Re: [RFC v4 PATCH 0/6] Solve silent data loss caused by poisoned page cache (shmem/tmpfs)
From: Andrew Morton <akpm@linux-foundation.org>
Date: 2021-10-15 20:28:09
Also in:
linux-fsdevel, lkml
From: Andrew Morton <akpm@linux-foundation.org>
Date: 2021-10-15 20:28:09
Also in:
linux-fsdevel, lkml
On Thu, 14 Oct 2021 12:16:09 -0700 Yang Shi [off-list ref] wrote:
When discussing the patch that splits page cache THP in order to offline the poisoned page, Noaya mentioned there is a bigger problem [1] that prevents this from working since the page cache page will be truncated if uncorrectable errors happen. By looking this deeper it turns out this approach (truncating poisoned page) may incur silent data loss for all non-readonly filesystems if the page is dirty.
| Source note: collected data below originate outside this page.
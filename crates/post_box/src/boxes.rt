ghost use Rattle.std.specs.Prelude.{◌≡◌};
ghost use Rattle.post_box.specs.declared.boxes.PutError.TheVariants.{Memory};

use crate::mailbox::{Mailbox, Waiting};
use std::alloc::{AllocError, Global};
use thiserror::Error;

/// How many messages wait for a session at most.
const LIMIT: u32 = 256;

/// Why a message was not put into a box.
#[derive(Debug, Drop, Error)]
pub enum PutError {
    #[error("box full")]
    Full,
    #[error("out of memory")]
    Memory(AllocError),
}

impl From<AllocError> for PutError {
    ghost from_gives = { λ a e. e ≡ Memory a };

    fn from(error: AllocError) -> PutError {
        PutError::Memory(error)
    }
}

/// The boxes of all sessions.
#[derive(Drop)]
pub struct Boxes {
    list: Vec<Mailbox>,
}

impl Boxes {
    ghost use Rattle.std.specs.Prelude.{◌≤◌, ◌<◌, ◌++◌, ◌∷◌, ℕ, [], drop, length, IfErr, OnErr, OnOk};
    ghost use Rattle.std.specs.Vec.{vec_len};
    ghost use Rattle.post_box.specs.Limit.{box_limit};
    ghost use Rattle.post_box.specs.Oldest.{oldest, oldest_of_all, waiting, without_oldest};
    ghost use Rattle.post_box.specs.Refusals.{HasRoom, Refuses};
    ghost use Rattle.post_box.specs.View.{box_of, AreSame, ChangesOnly};

    /// Boxes in which nothing waits.
    pub fn new(alloc: Global) -> Boxes
        ensures { (s : ℕ) → box_of result s ≡ [] }
    {
        Boxes {
            list: Vec::new(alloc),
        }
    }

    /// How many messages wait for a session.
    pub fn len(&self, session: u32) -> u32
        ensures count { result ≡ length (box_of self.now session) }
        ensures limit { result ≤ box_limit }
    {
        match self.list.get(session as usize) {
            Some(mailbox) => mailbox.len(),
            None => 0,
        }
    }

    /// Puts a message into the box of a session, behind all that wait there.
    pub fn put(&mut self, session: u32, op: u32, message: u32) -> Result<(), PutError>
        ensures put { OnOk result (ChangesOnly session (box_of self.old session ++ waiting op message ∷ []) self.old
            self.new) }
        ensures room { OnOk result (HasRoom (box_of self.old session)) }
        ensures refused { IfErr result (λ e. Refuses (box_of self.old session) e) }
        ensures unchanged { OnErr result (AreSame self.old self.new) }
    {
        if self.len(session) >= LIMIT {
            return Err(PutError::Full);
        }
        self.reach(session)?;
        self.list[session as usize].put(Waiting { op, message })?;
        Ok(())
    }

    /// The oldest message of one of the operations that waits for a session.
    pub fn first(&self, session: u32, ops: &[u32]) -> Option<u32>
        ensures { result ≡ oldest ops.now (box_of self.now session) }
    {
        match self.list.get(session as usize) {
            Some(mailbox) => mailbox.first(ops),
            None => None,
        }
    }

    /// Takes out the oldest message of one of the operations that waits for a session.
    pub fn take(&mut self, session: u32, ops: &[u32]) -> Option<u32>
        ensures value { result ≡ oldest ops.now (box_of self.old session) }
        ensures rest { ChangesOnly session (without_oldest ops.now (box_of self.old session)) self.old self.new }
    {
        if session as usize >= self.list.len() {
            return None;
        }
        self.list[session as usize].take(ops)
    }

    /// Takes out the oldest message of all that wait for a session.
    pub fn take_any(&mut self, session: u32) -> Option<u32>
        ensures value { result ≡ oldest_of_all (box_of self.old session) }
        ensures rest { ChangesOnly session (drop 1 (box_of self.old session)) self.old self.new }
    {
        if session as usize >= self.list.len() {
            return None;
        }
        self.list[session as usize].take_any()
    }

    /// Makes boxes up to that of a session.
    #[tactic(auto, using(crate::proofs::Mailboxes::one_more))]
    fn reach(&mut self, session: u32) -> Result<(), AllocError>
        ensures within { OnOk result (session < vec_len self.new.list) }
        ensures same { AreSame self.old self.new }
    {
        while self.list.len() <= session as usize {
            self.list.push(Mailbox::new(*self.list.allocator()))?;
        }
        Ok(())
    }
}
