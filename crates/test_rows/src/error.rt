use std::alloc::AllocError;
use thiserror::Error;

/// Why a field has no value.
#[derive(Debug, Drop, Error)]
pub enum TableError {
    #[error("there is no field {0:?}")]
    Missing(&'static str),
    #[error("a field {0:?} is no text")]
    NoText(&'static str),
    #[error("a field {0:?} is no number")]
    NoNumber(&'static str),
    #[error("an escape is unknown or cut")]
    BadEscape,
    #[error("out of memory")]
    Memory(#[from(alloc)] AllocError),
}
It may be worse for in-memory filesystem, e.g. shmem/tmpfs since the data blocks are actually gone. To solve this problem we could keep the poisoned dirty page in page cache then notify the users on any later access, e.g. page fault, read/write, etc. The clean page could be truncated as is since they can be reread from disk later on. The consequence is the filesystems may find poisoned page and manipulate it as healthy page since all the filesystems actually don't check if the page is poisoned or not in all the relevant paths except page fault. In general, we need make the filesystems be aware of poisoned page before we could keep the poisoned page in page cache in order to solve the data loss problem.
Is the "RFC" still accurate, or might it be an accidental leftover? I grabbed this series as-is for some testing, but I do think it wouild be better if it was delivered as two separate series - one series for the -stable material and one series for the 5.16-rc1 material.